Much more needed to set equation right
Kathmandu, March 8
Nepal has made some major achievements in attaining gender equality, but women rights activists say the government still needs to do a lot more to end the remnants of patriarchy.
President of Forum for Women, Law and Development Meera Dhungana said the government needed to amend the constitution to ensure equal nationality rights for women in matters of citizenship. “At present, children of a Nepali man married to a foreign woman are entitled to citizenship by descent, but children of Nepali woman married to a foreigner cannot get citizenship by descent,” she argued. She added that women continued to face discrimination in matters of gratuity, leave of absence and share of property.
“If a male employee’s father or mother passes away, he gets full bereavement leave but the same is not the case with women,” Dhungana said.

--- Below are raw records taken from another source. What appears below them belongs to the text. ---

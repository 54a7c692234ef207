//! What a request asks of a place of a document.

/// What a request asks of a place of a document.
#[derive(Clone, Copy, Debug, PartialEq, Eq)]
pub enum Question {
    /// `textDocument/hover`: what is known there.
    Hover,
    /// `textDocument/definition`: where the name there is declared.
    Definition,
    /// `textDocument/references`: where else it is named, and whether its declaration is among them.
    References { declared: bool },
}
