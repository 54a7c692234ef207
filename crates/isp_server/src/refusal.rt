//! Why a request is refused.
ghost use Rattle.std.specs.Prelude.{◌≡◌};
ghost use Rattle.isp_server.specs.Sent.{code_of, name_of};

/// Why a request is refused: four errors of JSON-RPC 2.0, and two of the language server protocol. The last ones are `RequestFailed`,
/// where nothing is renamed.
#[derive(Clone, Copy, Debug, PartialEq, Eq)]
pub enum Refusal {
    /// The content is no JSON.
    ParseError,
    /// It is no call, its id is none, or the phase of the connection has no such request.
    InvalidRequest,
    /// The method is not known.
    MethodNotFound,
    /// The method does not take such parameters.
    InvalidParams,
    /// `initialize` has not come.
    ServerNotInitialized,
    /// The document is not open, or its text is no program.
    NoProgram,
    /// No variable or function of the program is named at the place.
    NoName,
    /// The new name is no word, or is reserved.
    NotAName,
    /// The library has a function of the new name.
    OfLibrary,
    /// The text with the new name is no program.
    Clash,
    /// A name would stand for something else.
    Captured,
}

impl Refusal {
    /// Its number in the protocol.
    pub fn code(self) -> i32
        ensures { result ≡ code_of self }
    {
        match self {
            Refusal::ParseError => -32700,
            Refusal::InvalidRequest => -32600,
            Refusal::MethodNotFound => -32601,
            Refusal::InvalidParams => -32602,
            Refusal::ServerNotInitialized => -32002,
            Refusal::NoProgram
            | Refusal::NoName
            | Refusal::NotAName
            | Refusal::OfLibrary
            | Refusal::Clash
            | Refusal::Captured => -32803,
        }
    }

    /// Its name in the protocol, and of a request that failed why it did.
    pub fn name(self) -> &'static str
        ensures { result.now ≡ name_of self }
    {
        match self {
            Refusal::ParseError => "ParseError",
            Refusal::InvalidRequest => "InvalidRequest",
            Refusal::MethodNotFound => "MethodNotFound",
            Refusal::InvalidParams => "InvalidParams",
            Refusal::ServerNotInitialized => "ServerNotInitialized",
            Refusal::NoProgram => "NoProgram",
            Refusal::NoName => "NoName",
            Refusal::NotAName => "NotAName",
            Refusal::OfLibrary => "OfLibrary",
            Refusal::Clash => "Clash",
            Refusal::Captured => "Captured",
        }
    }
}
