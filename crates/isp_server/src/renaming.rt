//! What is answered to a request to give what stands at a place of a document another name.
ghost use Rattle.std.specs.Prelude.{◌≡◌, IfOk, Some, codes, map, option_map};
ghost use Rattle.serde_json.specs.Data.{array, member, no_members, object};
ghost use Rattle.serde_json.specs.View.{view};
ghost use Rattle.isp_server.specs.Sent.{answer, refused};
ghost use Rattle.isp_server.specs.Told.{items_of};
ghost use Rattle.isp_server.specs.declared.refusal.Refusal.{Refusal};
ghost use Rattle.isp_server.specs.Renaming.{Renames, TextRenames, refusal_of, text_edit, workspace_edit};
ghost use Rattle.isp_server.specs.reader.Views.{place_view};

use crate::deed::Place;
use crate::diagnostics::range;
use crate::refusal::Refusal;
use crate::sent::{answer, refused};
use crate::told::byte_of;
use isp_base::{Gang, Span};
use isp_names::{RenameFault, renamed};
use serde_json::{Value, json};
use std::alloc::{AllocError, Global};

/// The answer to the request of an id, to give what stands at a place another name, where its document has this text, if it is open.
pub(crate) fn renaming(
    alloc: Global,
    gang: Gang,
    id: &Value,
    text: Option<&str>,
    at: Place<'_>,
    name: &str,
) -> Result<Value, AllocError>
    ensures { IfOk result (λ v. Renames gang (option_map (λ t. t.now) text.entry) (place_view at.entry) name.now (view id.now) (view v)) }
{
    match text {
        Some(text) => of_text(alloc, gang, id, text, at, name),
        None => refused(alloc, Some(id), Refusal::NoProgram),
    }
}

fn of_text(
    alloc: Global,
    gang: Gang,
    id: &Value,
    text: &str,
    at: Place<'_>,
    name: &str,
) -> Result<Value, AllocError>
    ensures { IfOk result (λ v. TextRenames gang text.now (place_view at.entry) name.now (view id.now) (view v)) }
{
    match renamed(alloc, gang, text, byte_of(text, at), name) {
        Ok(spans) => edited(alloc, id, at.uri, text, name, &spans),
        Err(why) => not_renamed(alloc, id, why),
    }
}

fn edited(
    alloc: Global,
    id: &Value,
    uri: &str,
    text: &str,
    name: &str,
    spans: &[Span],
) -> Result<Value, AllocError>
    ensures { IfOk result (λ v. view v ≡ answer (view id.now) (workspace_edit uri.now text.now name.now spans.now)) }
{
    let edits = text_edits(alloc, text, name, spans)?;
    let changes = workspace_edit(alloc, uri, edits)?;
    answer(alloc, id, changes)
}

#[tactic(auto, using(crate::proofs::Items::items_are))]
fn workspace_edit(alloc: Global, uri: &str, edits: Vec<Value>) -> Result<Value, AllocError>
    ensures { IfOk result (λ v. view v ≡ object (member (codes "changes") (object (member uri.now (array (items_of (map view edits.items))) no_members)) no_members)) }
{
    let changes = json!(in alloc; {uri: edits})?;
    json!(in alloc; {"changes": changes})
}

fn text_edits(
    alloc: Global,
    text: &str,
    name: &str,
    spans: &[Span],
) -> Result<Vec<Value>, AllocError>
    ensures { IfOk result (λ v. map view v.items ≡ map (text_edit text.now name.now) spans.now) }
{
    let mut edits = Vec::new(alloc);
    for span in spans {
        edits.push(text_edit(alloc, text, name, *span)?)?;
    }
    Ok(edits)
}

fn text_edit(alloc: Global, text: &str, name: &str, span: Span) -> Result<Value, AllocError>
    ensures { IfOk result (λ v. view v ≡ text_edit text.now name.now span) }
{
    let range = range(alloc, text, span)?;
    json!(in alloc; {"newText": name, "range": range})
}

fn refusal_of(why: RenameFault) -> Option<Refusal>
    ensures { result ≡ refusal_of why }
{
    match why {
        RenameFault::Memory => None,
        RenameFault::NoProgram(_) => Some(Refusal::NoProgram),
        RenameFault::NoName => Some(Refusal::NoName),
        RenameFault::NotAName => Some(Refusal::NotAName),
        RenameFault::OfLibrary => Some(Refusal::OfLibrary),
        RenameFault::Clash(_) => Some(Refusal::Clash),
        RenameFault::Captured => Some(Refusal::Captured),
    }
}

fn not_renamed(alloc: Global, id: &Value, why: RenameFault) -> Result<Value, AllocError>
    ensures { IfOk result (λ v. (refusal : Refusal) × (refusal_of why ≡ Some refusal) × (view v ≡ refused (view id.now) refusal)) }
{
    match refusal_of(why) {
        Some(refusal) => refused(alloc, Some(id), refusal),
        None => Err(AllocError),
    }
}
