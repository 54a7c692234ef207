//! The forms that tables tell, and what is known of operands, of each instruction.
ghost use Rattle.std.specs.Prelude.{◌≡◌, ◌+◌, ◌<◌, not, IfOk};
ghost use Rattle.isp_code.specs.Listing.{routine_of};
ghost use Rattle.isp_forms.specs.Tables.{forms_in, lists_of};
ghost use Rattle.isp_lanes_read.specs.Free.{is_call};
ghost use Rattle.isp_lanes_read.specs.Rows.{row_at, rows_of};
ghost use Rattle.isp_lanes_forms.specs.Allowed.{IsAllowed, AreAllowed};
ghost use Rattle.isp_lanes_forms.specs.reader.Lists.{LinesAllowed};

use isp_code::{Code, Instr, Plain, VectorInstr};
use isp_constants::Constants;
use isp_forms::{Form, FormTable};
use isp_lanes_read::Tables;
use std::alloc::{AllocError, Global};

fn is_call(instr: &Instr) -> bool
    ensures { result ≡ is_call instr.now }
{
    matches!(instr, Instr::Call(_))
}

// The amount of a shift, where it is known.
fn amount_of(constants: &Constants, function: usize, pc: usize, instr: &Instr) -> Option<u64> {
    match instr {
        Instr::Vector {
            instr: VectorInstr::Binary {
                op: Plain::Shl | Plain::Shr,
                right,
                ..
            },
            ..
        } => constants.amount(function, pc, *right),
        _ => None,
    }
}

// The form of one instruction. One by which something is known stays as it is.
fn form_of(
    tables: &Tables,
    constants: &Constants,
    function: usize,
    pc: usize,
    instr: &Instr,
) -> Form
    requires { pc < 18446744073709551615 }
    ensures { IsAllowed (row_at (rows_of tables.now) function pc) (row_at (rows_of tables.now) function (pc + 1)) instr.now result }
{
    if constants.settles(function, pc) {
        return Form::Kept;
    }
    if tables.is_useless(function, pc, instr) {
        return Form::Useless;
    }
    let free = tables.is_free(function, pc, instr) && !is_call(instr);
    match amount_of(constants, function, pc, instr) {
        Some(amount) if free => Form::FreeBy(amount),
        Some(amount) => Form::KeptBy(amount),
        None if free => Form::Free,
        None => Form::Kept,
    }
}

// Those of a function.
fn line_forms(
    alloc: Global,
    tables: &Tables,
    constants: &Constants,
    function: usize,
    instrs: &[Instr],
) -> Result<Vec<Form>, AllocError>
    ensures { IfOk result (λ v. LinesAllowed (rows_of tables.now) function instrs.now v.items) }
{
    let mut forms = Vec::new(alloc);
    for (pc, instr) in instrs.iter().enumerate() {
        forms.push(form_of(tables, constants, function, pc, instr))?;
    }
    Ok(forms)
}

/// The forms that tables and constants tell: what is useless, what is free, what has to keep its lanes, and which shifts are by a known amount. They
/// are harmless where the laws of isp_lanes_read hold of the tables and operands have the numbers that are told (`forms_are_harmless`). The error is that memory was refused.
pub fn forms_of(
    alloc: Global,
    code: &Code,
    tables: &Tables,
    constants: &Constants,
) -> Result<FormTable, AllocError>
    ensures { IfOk result (λ t. AreAllowed code.now (rows_of tables.now) (forms_in (lists_of t))) }
{
    let routines = code.functions();
    let mut functions = Vec::new(alloc);
    for (number, function) in routines.iter().enumerate() {
        functions.push(line_forms(alloc, tables, constants, number, &function.code)?)?;
    }
    Ok(FormTable { functions })
}
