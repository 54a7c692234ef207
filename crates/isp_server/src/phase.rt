//! How far a connection has come.

/// How far a connection has come.
#[derive(Clone, Copy, Debug, PartialEq, Eq)]
pub enum Phase {
    /// `initialize` has not come.
    Fresh,
    /// `initialize` was answered.
    Running,
    /// `shutdown` was answered.
    ShutDown,
}
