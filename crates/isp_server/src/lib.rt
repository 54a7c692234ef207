//! A language server over what it is handed: one connection, message by message.
#![tactic(auto)]

mod asked;
mod completion;
mod deed;
mod diagnostics;
mod frame;
mod library;
mod params;
mod phase;
mod question;
mod refusal;
mod renaming;
mod sent;
mod server;
mod told;

pub use frame::framed;
pub use library::library_law;
pub use phase::Phase;
pub use question::Question;
pub use refusal::Refusal;
pub use server::{Next, Reply, Server};
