//! The forms of instructions that tables of isp_lanes_read tell, and the law that no run can tell them.
#![tactic(auto)]

mod found;
mod told;

ghost use Rattle.isp_lanes_forms.specs.Allowed.{FormsAreHarmless};

pub use found::forms_for;
pub use told::forms_of;

/// Forms that tables allow are harmless wherever a run begins: whatever lanes become that nobody reads, and whatever is left
/// out that nobody reads, a run looks like the machine's.
pub fn forms_are_harmless()
    ensures { FormsAreHarmless }
{}
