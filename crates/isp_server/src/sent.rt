//! What the server sends, as values of JSON.
ghost use Rattle.std.specs.Prelude.{◌≡◌, IfOk};
ghost use Rattle.serde_json.specs.View.{items_view, view};
ghost use Rattle.isp_server.specs.Sent.{answer, capabilities, introduction, published, refused};
ghost use Rattle.isp_server.specs.reader.Views.{id_view};

use crate::refusal::Refusal;
use serde_json::{Value, json};
use std::alloc::{AllocError, Global};

/// The answer to the request of an id.
pub(crate) fn answer(alloc: Global, id: &Value, value: Value) -> Result<Value, AllocError>
    ensures { IfOk result (λ v. view v ≡ answer (view id.now) (view value)) }
{
    json!(in alloc; {"jsonrpc": "2.0", "id": id, "result": value})
}

/// The answer to the request of an id that is refused.
pub(crate) fn refused(alloc: Global, id: Option<&Value>, why: Refusal) -> Result<Value, AllocError>
    ensures { IfOk result (λ v. view v ≡ refused (id_view id.entry) why) }
{
    let id = id_value(id)?;
    let error = json!(in alloc; {"code": why.code(), "message": why.name()})?;
    json!(in alloc; {"jsonrpc": "2.0", "id": id, "error": error})
}

fn id_value(id: Option<&Value>) -> Result<Value, AllocError>
    ensures { IfOk result (λ v. view v ≡ id_view id.entry) }
{
    match id {
        Some(id) => id.clone(),
        None => Ok(Value::Null),
    }
}

/// What `initialize` is answered.
pub(crate) fn introduction(alloc: Global, version: &str) -> Result<Value, AllocError>
    ensures { IfOk result (λ v. view v ≡ introduction version.now) }
{
    let capabilities = capabilities(alloc)?;
    let server = json!(in alloc; {"name": "isp", "version": version})?;
    json!(in alloc; {"capabilities": capabilities, "serverInfo": server})
}

fn capabilities(alloc: Global) -> Result<Value, AllocError>
    ensures { IfOk result (λ v. view v ≡ capabilities) }
{
    let sync = json!(in alloc; {"openClose": true, "change": 1u8})?;
    json!(in alloc; {
        "positionEncoding": "utf-16",
        "completionProvider": {},
        "textDocumentSync": sync,
        "hoverProvider": true,
        "definitionProvider": true,
        "referencesProvider": true,
        "renameProvider": true
    })
}

/// The diagnostics of a document, as a notification.
pub(crate) fn published(
    alloc: Global,
    uri: &str,
    diagnostics: Vec<Value>,
) -> Result<Value, AllocError>
    ensures { IfOk result (λ v. view v ≡ published uri.now (items_view diagnostics.items)) }
{
    let params = json!(in alloc; {"uri": uri, "diagnostics": diagnostics})?;
    json!(in alloc; {"jsonrpc": "2.0", "method": "textDocument/publishDiagnostics", "params": params})
}
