//! Rows of manifest lists that other writers may have made, and reading them one by one.
use crate::made::{Change, add, block_of, field, file_of, file_of_one, record_text};
use icb_avro::Value;
use icb_base::SliceReader;
use icb_list::{List, ListFault, ListRow, write_list};
use icb_schema::{AvroSchema, Octets, Text};
use sqlite_items::{Boxed, Items};
use std::process::Abort;
use std::test::*;

/// The fields of a row in the order of the format's table, each with a type of another writer.
const FIELDS: [(i32, &str); 15] = [
    (500, "\"string\""),
    (501, "\"long\""),
    (502, "\"int\""),
    (517, "\"int\""),
    (515, "\"long\""),
    (516, "\"long\""),
    (503, "\"long\""),
    (504, "\"int\""),
    (505, "\"int\""),
    (506, "\"int\""),
    (512, "\"long\""),
    (513, "\"long\""),
    (514, "\"long\""),
    (519, "\"bytes\""),
    (520, "[\"long\",\"null\"]"),
];

/// The value of the field of an id. The numbers tell the fields apart.
fn value(rt: &(impl Abort + AllocGlobal), id: i32, content: i32) -> Value {
    let alloc = rt.alloc();
    match id {
        500 => Value::Text(Text::from_str(alloc, "a path").expect(rt, "room")),
        517 => Value::Int(content),
        502 | 504 | 505 | 506 => Value::Int(id),
        519 => Value::Bytes(Octets::from_slice(alloc, &[5, 19]).expect(rt, "room")),
        520 => Value::Union(0, Boxed::new(alloc, Value::Long(520)).expect(rt, "room")),
        _ => Value::Long(i64::from(id)),
    }
}

/// The first row of a file, or the place and the id of the field that is refused.
fn first_row(rt: &(impl Abort + AllocGlobal), file: &Octets) -> Result<ListRow, (u64, i32)> {
    let alloc = rt.alloc();
    let mut reader = SliceReader::new(file.as_slice());
    let mut list = List::open(alloc, &mut reader).expect(rt, "a list");
    match list.next(alloc, &mut reader) {
        Ok(Some(row)) => Ok(row),
        Err(ListFault::Field { place, id }) => Err((place, id)),
        _ => Err((0, -1)),
    }
}

/// A file of one row, in which the field of an id is changed.
fn changed(rt: &(impl Abort + AllocGlobal), changed: i32, change: Change) -> (Octets, u64) {
    let alloc = rt.alloc();
    let mut fields = Vec::new(alloc);
    let mut values = Items::new(alloc);
    for (id, kind) in FIELDS {
        let change = if id == changed { Some(change) } else { None };
        add(
            rt,
            change,
            id,
            kind,
            value(rt, id, 0),
            &mut fields,
            &mut values,
        );
    }
    file_of_one(rt, fields.as_slice(), values)
}

#[test]
fn the_first_field_that_is_not_in_its_form_is_named(rt: HostRuntime) {
    for (id, _) in FIELDS {
        let (file, place) = changed(&rt, id, Change::OfAnotherType);
        assert!(rt; first_row(&rt, &file).err() == Some((place, id)));
        let (file, place) = changed(&rt, id, Change::LeftOut);
        match first_row(&rt, &file) {
            Ok(row) => {
                assert!(rt; row.key.is_none() == (id == 519));
                assert!(rt; row.first_row.is_none() == (id == 520));
                assert!(rt; id == 519 || id == 520);
            }
            Err(refused) => assert!(rt; refused == (place, id) && id != 519 && id != 520),
        }
    }
}

#[test]
fn contents_are_data_and_deletes(rt: HostRuntime) {
    for (content, refused) in [(0, false), (1, false), (7, true), (-1, true)] {
        let alloc = rt.alloc();
        let mut fields = Vec::new(alloc);
        let mut values = Items::new(alloc);
        // From the last to the first.
        for (id, kind) in FIELDS.iter().rev() {
            fields.push(field(&rt, *id, kind)).expect(&rt, "room");
            values.push(value(&rt, *id, content)).expect(&rt, "room");
        }
        let (file, place) = file_of_one(&rt, fields.as_slice(), values);
        match first_row(&rt, &file) {
            Ok(row) => assert!(rt; row.content == content && !refused),
            Err(at) => assert!(rt; at == (place, 517) && refused),
        }
    }
}

#[test]
fn fields_that_are_not_known_stand_around_one(rt: HostRuntime) {
    for (id, _) in FIELDS {
        let (file, _) = changed(&rt, id, Change::AmongOthers);
        let row = first_row(&rt, &file).expect(&rt, "a row");
        assert!(rt; row.path.as_str() == "a path" && row.length == 501 && row.spec == 502);
        assert!(rt; row.content == 0 && row.sequence == 515 && row.min_sequence == 516);
        assert!(rt; row.snapshot == 503 && row.files == [504, 505, 506]);
        assert!(rt; row.rows == [512, 513, 514] && row.first_row == Some(520));
        assert!(rt;
            row.key
                .is_some_and(|key| key.as_slice() == [5, 19].as_slice())
        );
    }
}

#[test]
fn several_blocks_and_a_refused_row(rt: HostRuntime) {
    let alloc = rt.alloc();
    let schema = any_schema(&rt);
    let none = block_of(&rt, &schema, &[]);
    let two = block_of(&rt, &schema, &[any_row(&rt, 0), any_row(&rt, 1)]);
    let more = block_of(&rt, &schema, &[]);
    let last = block_of(
        &rt,
        &schema,
        &[any_row(&rt, 1), any_row(&rt, 7), any_row(&rt, 0)],
    );
    let end = block_of(&rt, &schema, &[]);
    let file = file_of(&rt, &schema, &[none, two, more, last, end]);
    let mut reader = SliceReader::new(file.as_slice());
    let mut list = List::open(alloc, &mut reader).expect(&rt, "a list");
    assert!(rt; list.place() == 0);
    let mut places = [0; 3];
    for (place, content) in places.iter_mut().zip([0, 1, 1]) {
        let row = list.next(alloc, &mut reader).expect(&rt, "a row");
        assert!(rt; row.is_some_and(|row| row.content == content));
        *place = list.place();
    }
    let [first, second, third] = places;
    assert!(rt; 0 < first && first < second && second < third);
    for _ in 0..2 {
        let refused = list.next(alloc, &mut reader).err();
        let at = third.saturating_add(second.saturating_sub(first));
        assert!(rt; matches!(refused, Some(ListFault::Field { place, id: 517 }) if place == at));
        assert!(rt; list.place() == third);
    }
}

/// The schema of the fields.
pub(crate) fn any_schema(rt: &(impl Abort + AllocGlobal)) -> AvroSchema {
    let mut fields = Vec::new(rt.alloc());
    for (id, kind) in FIELDS {
        fields.push(field(rt, id, kind)).expect(rt, "room");
    }
    let text = record_text(rt, "any", fields.as_slice());
    AvroSchema::read(rt.alloc(), text.as_bytes()).expect(rt, "a schema")
}

/// A row of this content.
pub(crate) fn any_row(rt: &(impl Abort + AllocGlobal), content: i32) -> Value {
    let mut values = Items::new(rt.alloc());
    for (id, _) in FIELDS {
        values.push(value(rt, id, content)).expect(rt, "room");
    }
    Value::Record(values)
}

/// A row whose numbers tell its fields apart, with this key metadata.
fn given(rt: &(impl Abort + AllocGlobal), content: i32, key: Option<Octets>) -> ListRow {
    ListRow {
        path: Text::from_str(rt.alloc(), "a path").expect(rt, "room"),
        length: 501,
        spec: 502,
        content,
        sequence: 515,
        min_sequence: 516,
        snapshot: -1,
        files: [504, 505, 506],
        rows: [512, 513, 1 << 40],
        key,
        first_row: None,
    }
}

#[test]
fn what_is_written_is_read(rt: HostRuntime) {
    let alloc = rt.alloc();
    let key = Octets::from_slice(alloc, &[5, 19]).expect(&rt, "room");
    let mut rows = Vec::new(alloc);
    rows.push(given(&rt, 0, Some(key))).expect(&rt, "room");
    rows.push(given(&rt, 1, None)).expect(&rt, "room");
    let written = write_list(alloc, rows.as_slice(), &[3; 16]).expect(&rt, "room");
    let mut reader = SliceReader::new(written.as_slice());
    let mut list = List::open(alloc, &mut reader).expect(&rt, "a list");
    for content in [0, 1] {
        let read = list.next(alloc, &mut reader).expect(&rt, "a row");
        let read = read.expect(&rt, "not the end");
        assert!(rt; read.path.as_str() == "a path" && read.content == content);
        assert!(rt; read.length == 501 && read.spec == 502 && read.snapshot == -1);
        assert!(rt; read.sequence == 515 && read.min_sequence == 516);
        assert!(rt; read.files == [504, 505, 506] && read.rows == [512, 513, 1 << 40]);
        assert!(rt; read.key.is_some() == (content == 0) && read.first_row.is_none());
    }
    let end = list.next(alloc, &mut reader).expect(&rt, "the end");
    assert!(rt; end.is_none());
}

Widows, Dhungana added, are required to return their share of property if they remarry. She said many laws, including the constitution contained masculine phrases such as president, vice president, chairman, which needed to be changed to incorporate gender-neutral words.
Women’s rights activist Sharu Joshi Shrestha said although many new laws were enacted to ensure gender equality, the situation of women had not improved much. “In recent years, women have got formal equality but that has not been reflected in results,” she said and added that there were only three women among 25 members in the Cabinet.
“Even today only 26 per cent women own housing and land and it is not clear how many of them can take autonomous and independent decisions on those properties,” she added. Shrestha said women were still not able to pay for their treatment, travel and welfare funds.
Gender equality expert Bhaarati Silwal Giri said while the country made progress on the legal front in ensuring equality, it did not achieve significant progress in social and cultural transformation to ensure equality in practice.
“Our religious books, including Garuda Purana, undermine the dignity of women. Women are considered impure during menstruation,” she said and added that stereotypes and deep-rooted discriminatory practices could be dismantled through a sustained movement. She said a comprehensive approach had to be adopted to end all kinds of discrimination against women and for that policymakers needed to have different strategies to address the problems of more vulnerable women, particularly Dalit women.